How to Enable Additional IPv6 Addresses on your Droplet

By default, each Droplet with IPv6 enabled will be configured with a single IPv6 address. This address is used for any PTR records generated for domains pointing at the server.

A broader range of addresses is also available for your Droplet, visible in the Networking section of a Droplet’s configuration page under Configurable address range. The DigitalOcean backend is already set up to serve requests for these addresses. However, you will need to configure the network on the Droplet to use the additional addresses.

In your assigned IPv6 range, you have access to 16 addresses. The first address in the range will end with a 0. Each additional address increments the last digit hexadecimally from 0 - f.

See an example

You can add as many IPv6 addresses from a Droplet’s addressable range as you like. Multiple addresses allow flexibility in your configuration and allow you to use different addresses for specific purposes.
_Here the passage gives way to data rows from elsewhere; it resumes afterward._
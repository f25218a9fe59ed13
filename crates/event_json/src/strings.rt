//! Texts as strings of JSON.

ghost use Rattle.std.specs.Prelude.{◌≡◌, ◌++◌, OnOk};
ghost use Rattle.std.specs.List.{flat_map};
ghost use Rattle.hex.specs.Hex.{encode_lower};
ghost use Rattle.event_json.specs.Strings.{byte_text, member, string_text, truth};

use script_text::push_number;
use std::alloc::{AllocError, Global};

/// A text between quotes. A quote and a backslash get one more backslash; each byte that is no printable ASCII stands
/// as the character of its number.
pub fn push_string(alloc: Global, text: &mut Vec<u8>, bytes: &[u8]) -> Result<(), AllocError>
    ensures { OnOk result (text.new.items ≡ text.old.items ++ string_text bytes.now) }
{
    text.extend_from_slice(b"\"")?;
    push_inside(alloc, text, bytes)?;
    text.extend_from_slice(b"\"")
}

fn push_inside(alloc: Global, text: &mut Vec<u8>, bytes: &[u8]) -> Result<(), AllocError>
    ensures { OnOk result (text.new.items ≡ text.old.items ++ flat_map byte_text bytes.now) }
{
    for byte in bytes {
        push_byte(alloc, text, *byte)?;
    }
    Ok(())
}

fn push_byte(alloc: Global, text: &mut Vec<u8>, byte: u8) -> Result<(), AllocError>
    ensures { OnOk result (text.new.items ≡ text.old.items ++ byte_text byte) }
{
    if byte == b'"' || byte == b'\\' {
        text.extend_from_slice(&[b'\\', byte])
    } else if 32 <= byte && byte <= 126 {
        text.extend_from_slice(&[byte])
    } else {
        text.extend_from_slice(b"\\u00")?;
        push_hex(alloc, text, &[byte])
    }
}

/// Bytes as hexadecimal digits, two a byte.
pub(crate) fn push_hex(alloc: Global, text: &mut Vec<u8>, bytes: &[u8]) -> Result<(), AllocError>
    ensures { OnOk result (text.new.items ≡ text.old.items ++ encode_lower bytes.now) }
{
    let digits = hex::encode(alloc, bytes)?;
    text.extend_from_slice(digits.as_bytes())
}

/// What stands before a number, and the number.
pub(crate) fn push_member(text: &mut Vec<u8>, before: &[u8], number: u64) -> Result<(), AllocError>
    ensures { OnOk result (text.new.items ≡ text.old.items ++ member before.now number) }
{
    text.extend_from_slice(before)?;
    push_number(text, number)
}

/// A truth.
pub(crate) fn truth(is_so: bool) -> &'static [u8]
    ensures { result.now ≡ truth is_so }
{
    if is_so { b"true" } else { b"false" }
}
Enable New Addresses on Boot

To set up additional IPv6 addresses, you will add the new addresses to the file that configures your network at boot. The file you edit and the lines you add depend on which Linux distribution the Droplet is running.

On Ubuntu 18.04

Open 50-cloud-init.yaml with root privileges.
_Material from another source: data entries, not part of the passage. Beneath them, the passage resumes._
//! What servers have, and what changed there.

ghost use Rattle.std.specs.Prelude.{◌≡◌, ◌==◌, ◌++◌, [], OnOk, codes, drop, length};
ghost use Rattle.std.specs.List.{filter_map, find, flat_map};
ghost use Rattle.std.specs.Option.{option_map};
ghost use Rattle.event_json.specs.Locks.{TellsLockChange};
ghost use Rattle.event_json.specs.Servers.{TellsChanges, came_denials, copies_text, denials_text, finished, item_text, left_by, left_text, own_text, server_text, up_text};
ghost use Rattle.event_json.specs.Strings.{listed};
ghost use Rattle.event_json.specs.code.Owning.{kept_by, kept_text, parted_by};

use crate::copies::push_copy;
use crate::locks::{push_changed_locks, push_locks};
use crate::strings::{push_member, truth};
use file_ops::AuditItem;
use rep_core::{Lock, Request, Server};
use std::alloc::{AllocError, Global};
use suite_prefix::StoredCopy;
use suite_script::push_denial;

/// What a server had before a request: its locks, and how many denials it had recorded.
#[derive(Drop)]
pub struct Before {
    number: u8,
    locks: Vec<Lock>,
    denials: usize,
}

impl Before {
    /// Of no server yet.
    pub fn new(alloc: Global) -> Before
        ensures number { result.number ≡ 0 }
        ensures locks { result.locks.items ≡ [] }
        ensures denials { result.denials ≡ 0 }
    {
        Before {
            number: 0,
            locks: Vec::new(alloc),
            denials: 0,
        }
    }

    /// From now on it is what the server of this number has.
    pub fn look(&mut self, number: u8, server: &Server) -> Result<(), AllocError>
        ensures number { OnOk result (self.new.number ≡ number) }
        ensures locks { OnOk result (self.new.locks.items ≡ server.now.state.locks) }
        ensures denials { OnOk result (self.new.denials ≡ length server.now.state.audit) }
    {
        self.number = number;
        self.locks = server.locks()?;
        self.denials = server.audit().len();
        Ok(())
    }

    /// What the server has after a request of what it had not before, or had otherwise: the locks that went and those that
    /// came, the copies that a Finish left, and denials that came.
    pub fn push_changes(
        &self,
        alloc: Global,
        text: &mut Vec<u8>,
        server: &Server,
        request: &Request,
    ) -> Result<(), AllocError>
        ensures { OnOk result (TellsChanges self.now request.now server.now.state text.old.items text.new.items) }
    {
        push_up(text, self.number, server)?;
        self.push_locks_since(alloc, text, server)?;
        self.push_left(alloc, text, server, finished(request))?;
        self.push_denials_since(text, server)?;
        text.extend_from_slice(b"}")?;
        Ok(())
    }

    /// Which locks went, and which came.
    fn push_locks_since(
        &self,
        alloc: Global,
        text: &mut Vec<u8>,
        server: &Server,
    ) -> Result<(), AllocError>
        ensures { OnOk result (TellsLockChange self.now.locks.items server.now.state.locks text.old.items text.new.items) }
    {
        let locks = server.locks()?;
        push_changed_locks(alloc, text, self.locks.as_slice(), locks.as_slice())
    }

    /// The denials that came.
    fn push_denials_since(&self, text: &mut Vec<u8>, server: &Server) -> Result<(), AllocError>
        ensures { OnOk result (text.new.items ≡ text.old.items ++ came_denials (drop self.now.denials server.now.state.audit)) }
    {
        push_came(text, since(server.audit(), self.denials))
    }

    /// The copies that a Finish left, where there was one.
    fn push_left(
        &self,
        alloc: Global,
        text: &mut Vec<u8>,
        server: &Server,
        finished: Option<u64>,
    ) -> Result<(), AllocError>
        ensures { OnOk result (text.new.items ≡ text.old.items ++ left_text finished self.now.locks.items server.now.state.store.copies) }
    {
        match finished {
            Some(t) => {
                text.extend_from_slice(b",\"copies\":[")?;
                self.push_left_by(alloc, text, server, t)?;
                text.extend_from_slice(b"]")
            }
            None => Ok(()),
        }
    }

    /// The copies of the suites on which a transaction had locks to write.
    fn push_left_by(
        &self,
        alloc: Global,
        text: &mut Vec<u8>,
        server: &Server,
        t: u64,
    ) -> Result<(), AllocError>
        ensures { OnOk result (text.new.items ≡ text.old.items ++ listed own_text (filter_map (left_by t server.now.state.store.copies) self.now.locks.items)) }
    {
        push_kept_by(alloc, text, self.locks.as_slice(), server.copies(), t)
    }
}

/// The copies of the suites on which a transaction has locks to write.
fn push_kept_by(
    alloc: Global,
    text: &mut Vec<u8>,
    locks: &[Lock],
    copies: &[(u64, StoredCopy)],
    t: u64,
) -> Result<(), AllocError>
    ensures { OnOk result (text.new.items ≡ text.old.items ++ parted_by [] (filter_map (kept_by t copies.now) locks.now)) }
{
    let mut between: &[u8] = b"";
    for lock in locks {
        if let Some(own) = kept_by(t, copies, *lock) {
            text.extend_from_slice(between)?;
            push_own(alloc, text, own)?;
            between = b",";
        }
    }
    Ok(())
}

/// The transaction that a Finish ends.
fn finished(request: &Request) -> Option<u64>
    ensures { result ≡ finished request.now }
{
    match request {
        Request::Finish { t, .. } => Some(*t),
        _ => None,
    }
}

/// The copy of the suite of a lock, where that is one of a transaction to write.
fn kept_by<'a>(t: u64, copies: &'a [(u64, StoredCopy)], lock: Lock) -> Option<&'a (u64, StoredCopy)>
    ensures { option_map (λ own. own.now) result ≡ kept_by t copies.now lock }
{
    if lock.t == t && lock.mode.is_exclusive() {
        copy_of(copies, lock.suite)
    } else {
        None
    }
}

/// The copy of a suite.
fn copy_of(copies: &[(u64, StoredCopy)], suite: u64) -> Option<&(u64, StoredCopy)>
    ensures { option_map (λ own. own.now) result ≡ find (λ own. own.0 == suite) copies.now }
{
    copies.iter().find(|own| own.0 == suite)
}

/// The denials behind the first ones, as many as are known.
fn since(items: &[AuditItem], known: usize) -> &[AuditItem]
    ensures { result.now ≡ drop known items.now }
{
    items.get(known..).unwrap_or_default()
}

/// Denials that came, where there are some.
fn push_came(text: &mut Vec<u8>, items: &[AuditItem]) -> Result<(), AllocError>
    ensures { OnOk result (text.new.items ≡ text.old.items ++ came_denials items.now) }
{
    if items.is_empty() {
        return Ok(());
    }
    text.extend_from_slice(b",\"denials\":")?;
    push_denials(text, items)
}

/// All that a server has.
pub fn push_server(
    alloc: Global,
    text: &mut Vec<u8>,
    number: u8,
    server: &Server,
) -> Result<(), AllocError>
    ensures { OnOk result (text.new.items ≡ text.old.items ++ server_text number server.now.state) }
{
    push_up(text, number, server)?;
    text.extend_from_slice(b",\"locks\":")?;
    push_locks(text, &server.locks()?)?;
    push_copies(alloc, text, server)?;
    text.extend_from_slice(b",\"denials\":")?;
    push_denials(text, server.audit())?;
    text.extend_from_slice(b"}")?;
    Ok(())
}

/// The member of copies.
fn push_copies(alloc: Global, text: &mut Vec<u8>, server: &Server) -> Result<(), AllocError>
    ensures { OnOk result (text.new.items ≡ text.old.items ++ copies_text server.now.state.store.copies) }
{
    text.extend_from_slice(b",\"copies\":[")?;
    push_owns(alloc, text, server)?;
    text.extend_from_slice(b"]")
}

fn push_owns(alloc: Global, text: &mut Vec<u8>, server: &Server) -> Result<(), AllocError>
    ensures { OnOk result (text.new.items ≡ text.old.items ++ listed own_text server.now.state.store.copies) }
{
    push_kept(alloc, text, server.copies())
}

fn push_kept(
    alloc: Global,
    text: &mut Vec<u8>,
    copies: &[(u64, StoredCopy)],
) -> Result<(), AllocError>
    ensures { OnOk result (text.new.items ≡ text.old.items ++ parted_by [] copies.now) }
{
    let mut between: &[u8] = b"";
    for own in copies {
        text.extend_from_slice(between)?;
        push_own(alloc, text, own)?;
        between = b",";
    }
    Ok(())
}

fn push_own(alloc: Global, text: &mut Vec<u8>, own: &(u64, StoredCopy)) -> Result<(), AllocError>
    ensures { OnOk result (text.new.items ≡ text.old.items ++ kept_text own.now) }
{
    push_copy(alloc, text, own.0, &own.1)
}

/// The number of a server, and whether it is up.
fn push_up(text: &mut Vec<u8>, number: u8, server: &Server) -> Result<(), AllocError>
    ensures { OnOk result (text.new.items ≡ text.old.items ++ up_text number server.now.state.up) }
{
    push_member(text, b"{\"server\":", u64::from(number))?;
    text.extend_from_slice(b",\"up\":")?;
    text.extend_from_slice(truth(server.is_up()))
}

/// A list of denials.
pub fn push_denials(text: &mut Vec<u8>, items: &[AuditItem]) -> Result<(), AllocError>
    ensures { OnOk result (text.new.items ≡ text.old.items ++ denials_text items.now) }
{
    text.extend_from_slice(b"[")?;
    push_items(text, items)?;
    text.extend_from_slice(b"]")
}

fn push_items(text: &mut Vec<u8>, items: &[AuditItem]) -> Result<(), AllocError>
    ensures { OnOk result (text.new.items ≡ text.old.items ++ listed item_text items.now) }
{
    let [first, more @ ..] = items else {
        return Ok(());
    };
    push_item(text, first)?;
    push_more_items(text, more)
}

fn push_more_items(text: &mut Vec<u8>, items: &[AuditItem]) -> Result<(), AllocError>
    ensures { OnOk result (text.new.items ≡ text.old.items ++ flat_map (λ next. codes "," ++ item_text next) items.now) }
{
    for item in items {
        text.extend_from_slice(b",")?;
        push_item(text, item)?;
    }
    Ok(())
}

fn push_item(text: &mut Vec<u8>, item: &AuditItem) -> Result<(), AllocError>
    ensures { OnOk result (text.new.items ≡ text.old.items ++ item_text item.now) }
{
    push_member(text, b"{\"t\":", item.t)?;
    push_member(text, b",\"uid\":", u64::from(item.uid))?;
    text.extend_from_slice(b",\"denied\":\"")?;
    push_denial(text, item.op, item.denial)?;
    text.extend_from_slice(b"\"}")
}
sudo nano /etc/netplan/50-cloud-init.yaml

In the addresses: section, add each IPv6 address on its own line, as follows:

    version: 2
            - your_primary_ipv6_address/64
            - your_additional_ipv6_address/64
            gateway6: ipv6_gateway
                macaddress: ce:2c:ex:am:pl:e6

To apply the change and test:

  1. Run sudo netplan apply --debug. When the command is successful, it won’t provide output.
  2. Run ping6 your_additional_ipv6_address. If you can reach the new address with ping6, it is correctly configured.
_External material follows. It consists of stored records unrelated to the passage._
//! Locks, and which of them went and came.

ghost use Rattle.std.specs.Prelude.{◌≡◌, ◌≤◌, ◌++◌, ◌∷◌, IfOk, IfSome, IsTrue, OnOk, codes, length};
ghost use Rattle.std.specs.List.{flat_map};
ghost use Rattle.event_json.specs.Changes.{IsChange};
ghost use Rattle.event_json.specs.Locks.{TellsLockChange, came_text, freed_text, gone_lock_text, lock_text, locks_text, mode_text};
ghost use Rattle.event_json.specs.code.Going.{GoesOn, Meets};
ghost use Rattle.event_json.specs.Strings.{listed};

use crate::strings::{push_member, truth};
use rep_core::Lock;
use std::alloc::{AllocError, Global};
use suite_prefix::LockMode;

/// A list of locks.
pub fn push_locks(text: &mut Vec<u8>, locks: &[Lock]) -> Result<(), AllocError>
    ensures { OnOk result (text.new.items ≡ text.old.items ++ locks_text locks.now) }
{
    text.extend_from_slice(b"[")?;
    push_listed(text, locks)?;
    text.extend_from_slice(b"]")
}

fn push_listed(text: &mut Vec<u8>, locks: &[Lock]) -> Result<(), AllocError>
    ensures { OnOk result (text.new.items ≡ text.old.items ++ listed lock_text locks.now) }
{
    let [first, more @ ..] = locks else {
        return Ok(());
    };
    push_lock(text, *first)?;
    push_more(text, more)
}

fn push_more(text: &mut Vec<u8>, locks: &[Lock]) -> Result<(), AllocError>
    ensures { OnOk result (text.new.items ≡ text.old.items ++ flat_map (λ next. codes "," ++ lock_text next) locks.now) }
{
    for lock in locks {
        text.extend_from_slice(b",")?;
        push_lock(text, *lock)?;
    }
    Ok(())
}

fn push_lock(text: &mut Vec<u8>, lock: Lock) -> Result<(), AllocError>
    ensures { OnOk result (text.new.items ≡ text.old.items ++ lock_text lock) }
{
    push_member(text, b"{\"t\":", lock.t)?;
    push_member(text, b",\"suite\":", lock.suite)?;
    text.extend_from_slice(mode_word(lock.mode))?;
    text.extend_from_slice(b",\"prepared\":")?;
    text.extend_from_slice(truth(lock.prepared))?;
    text.extend_from_slice(b"}")
}

/// The member of a mode.
pub(crate) fn mode_word(mode: LockMode) -> &'static [u8]
    ensures { result.now ≡ mode_text mode }
{
    if mode.is_exclusive() {
        b",\"mode\":\"exclusive\""
    } else {
        b",\"mode\":\"shared\""
    }
}

/// Which locks went, and which came.
#[derive(Drop)]
struct LockChange {
    gone: Vec<Lock>,
    came: Vec<Lock>,
}

/// What changed between two lists, each in the order of `Server::locks`. A lock that is otherwise went, and came.
fn lock_change(alloc: Global, old: &[Lock], new: &[Lock]) -> Result<LockChange, AllocError>
    ensures { IfOk result (λ change. IsChange old.now new.now change.gone.items change.came.items) }
{
    let mut gone = Vec::new(alloc);
    let mut came = Vec::new(alloc);
    let mut rest = old;
    for lock in new {
        rest = go_before(rest, *lock, &mut gone)?;
        rest = meet(rest, *lock, &mut came)?;
    }
    gone.extend_from_slice(rest)?;
    Ok(LockChange { gone, came })
}

/// What is left of locks behind those that stand before another: those went.
fn go_before<'a>(
    locks: &'a [Lock],
    other: Lock,
    gone: &mut Vec<Lock>,
) -> Result<&'a [Lock], AllocError>
    ensures { IfOk result (λ rest. GoesOn locks.now rest.now gone.old.items gone.new.items) }
{
    let (front, rest) = locks.split_at(count_before(locks, other));
    gone.extend_from_slice(front)?;
    Ok(rest)
}

/// How many of the first locks stand before another.
fn count_before(locks: &[Lock], other: Lock) -> usize
    ensures { result ≤ length locks.now }
{
    let mut count = 0;
    for lock in locks {
        if !stands_before(*lock, other) {
            break;
        }
        count += 1;
    }
    count
}

/// What is left of locks once one of the new list is met: the first is the same, or that one came.
fn meet<'a>(rest: &'a [Lock], lock: Lock, came: &mut Vec<Lock>) -> Result<&'a [Lock], AllocError>
    ensures { IfOk result (λ later. Meets rest.now lock later.now came.old.items came.new.items) }
{
    match behind(rest, lock) {
        Some(more) => Ok(more),
        None => {
            came.push(lock)?;
            Ok(rest)
        }
    }
}

/// What stands behind a lock, where that is the first.
fn behind<'a>(locks: &'a [Lock], lock: Lock) -> Option<&'a [Lock]>
    ensures { IfSome result (λ more. locks.now ≡ lock ∷ more.now) }
{
    match locks {
        [first, more @ ..] if same(*first, lock) => Some(more),
        _ => None,
    }
}

/// Whether a lock stands before another: by its transaction, then by its suite.
fn stands_before(lock: Lock, other: Lock) -> bool {
    lock.t < other.t || lock.t == other.t && lock.suite < other.suite
}

/// Whether they are the same.
fn same(lock: Lock, other: Lock) -> bool
    ensures { IsTrue result → lock ≡ other }
{
    lock.t == other.t
        && lock.suite == other.suite
        && lock.mode.is_exclusive() == other.mode.is_exclusive()
        && lock.prepared == other.prepared
}

/// Which locks went, by transaction and suite.
fn push_gone(text: &mut Vec<u8>, locks: &[Lock]) -> Result<(), AllocError>
    ensures { OnOk result (text.new.items ≡ text.old.items ++ listed gone_lock_text locks.now) }
{
    let [first, more @ ..] = locks else {
        return Ok(());
    };
    push_gone_lock(text, *first)?;
    push_more_gone(text, more)
}

fn push_more_gone(text: &mut Vec<u8>, locks: &[Lock]) -> Result<(), AllocError>
    ensures { OnOk result (text.new.items ≡ text.old.items ++ flat_map (λ next. codes "," ++ gone_lock_text next) locks.now) }
{
    for lock in locks {
        text.extend_from_slice(b",")?;
        push_gone_lock(text, *lock)?;
    }
    Ok(())
}

fn push_gone_lock(text: &mut Vec<u8>, lock: Lock) -> Result<(), AllocError>
    ensures { OnOk result (text.new.items ≡ text.old.items ++ gone_lock_text lock) }
{
    push_member(text, b"{\"t\":", lock.t)?;
    push_member(text, b",\"suite\":", lock.suite)?;
    text.extend_from_slice(b"}")
}

fn push_freed(text: &mut Vec<u8>, locks: &[Lock]) -> Result<(), AllocError>
    ensures { OnOk result (text.new.items ≡ text.old.items ++ freed_text locks.now) }
{
    if locks.is_empty() {
        return Ok(());
    }
    text.extend_from_slice(b",\"freed\":[")?;
    push_gone(text, locks)?;
    text.extend_from_slice(b"]")
}

fn push_came(text: &mut Vec<u8>, locks: &[Lock]) -> Result<(), AllocError>
    ensures { OnOk result (text.new.items ≡ text.old.items ++ came_text locks.now) }
{
    if locks.is_empty() {
        return Ok(());
    }
    text.extend_from_slice(b",\"locks\":")?;
    push_locks(text, locks)
}

/// The members of what changed between two lists of locks, each in the order of `Server::locks`.
pub fn push_changed_locks(
    alloc: Global,
    text: &mut Vec<u8>,
    old: &[Lock],
    new: &[Lock],
) -> Result<(), AllocError>
    ensures { OnOk result (TellsLockChange old.now new.now text.old.items text.new.items) }
{
    let change = lock_change(alloc, old, new)?;
    push_freed(text, change.gone.as_slice())?;
    push_came(text, change.came.as_slice())
}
On Debian or Ubuntu 16.04 or earlier

Open /etc/network/interfaces with root privileges.

sudo nano /etc/network/interfaces

You will find a section in this file for each of the different networks that you have configured. These may be public IPv4, public IPv6, private IPv4, etc. The public IPv6 interface section begins with iface eth0 inet6 static, for example.

To add an additional IPv6 address that will be also be available publicly, you need to add an additional section that mirrors the specification you currently have. Underneath the public IPv6 interface, add an additional section that includes the new address you are adding and a netmask specification:

iface eth0 inet6 static
        address new_ipv6_address
        netmask 64

When you’re done, save and exit the file.

On CentOS or Fedora

Edit /etc/sysconfig/network-scripts/ifcfg-eth0 with root privileges.

sudo vi /etc/sysconfig/network-scripts/ifcfg-eth0

The portion of this file that deals with IPv6 addresses includes lines like IPV6INIT=yes. To add additional IPv6 addresses, you need to add a parameter called IPV6ADDR_SECONDARIES. This will be set to a string which defines any other IPv6 addresses that we may want to add.

This will look something like this:

IPV6ADDR_SECONDARIES="second_ipv6_address/64 third_ipv6_address/64 .../64"

When you’re done, press ESC + :x to exit.

Regardless of which distribution you run, the addresses you added will automatically be configured on next boot. If you want these additional addresses to be available prior to rebooting, you can also enable them immediately as below.

Enable New Addresses Immediately

Adding new IPv6 addresses to your Droplet’s interface will make the addresses available immediately.

To configure the Droplet’s networking interface, select the address you want to configure out of your address range and add it using ip -6 addr add, like this:

ip -6 addr add new_ipv6_address/64 dev eth0

The new address will immediately be available in your session. You can check by listing them:

ip -6 addr show eth0
2: eth0: <BROADCAST,MULTICAST,UP,LOWER_UP> mtu 1500 qlen 1000
    inet6 first_ipv6_address/64 scope global 
       valid_lft forever preferred_lft forever
    inet6 second_ipv6_address/64 scope global 
       valid_lft forever preferred_lft forever

The new address will be available for the duration of your current session. If you want the IP address to persist across reboots, make sure to enable it in your networking configuration file as above.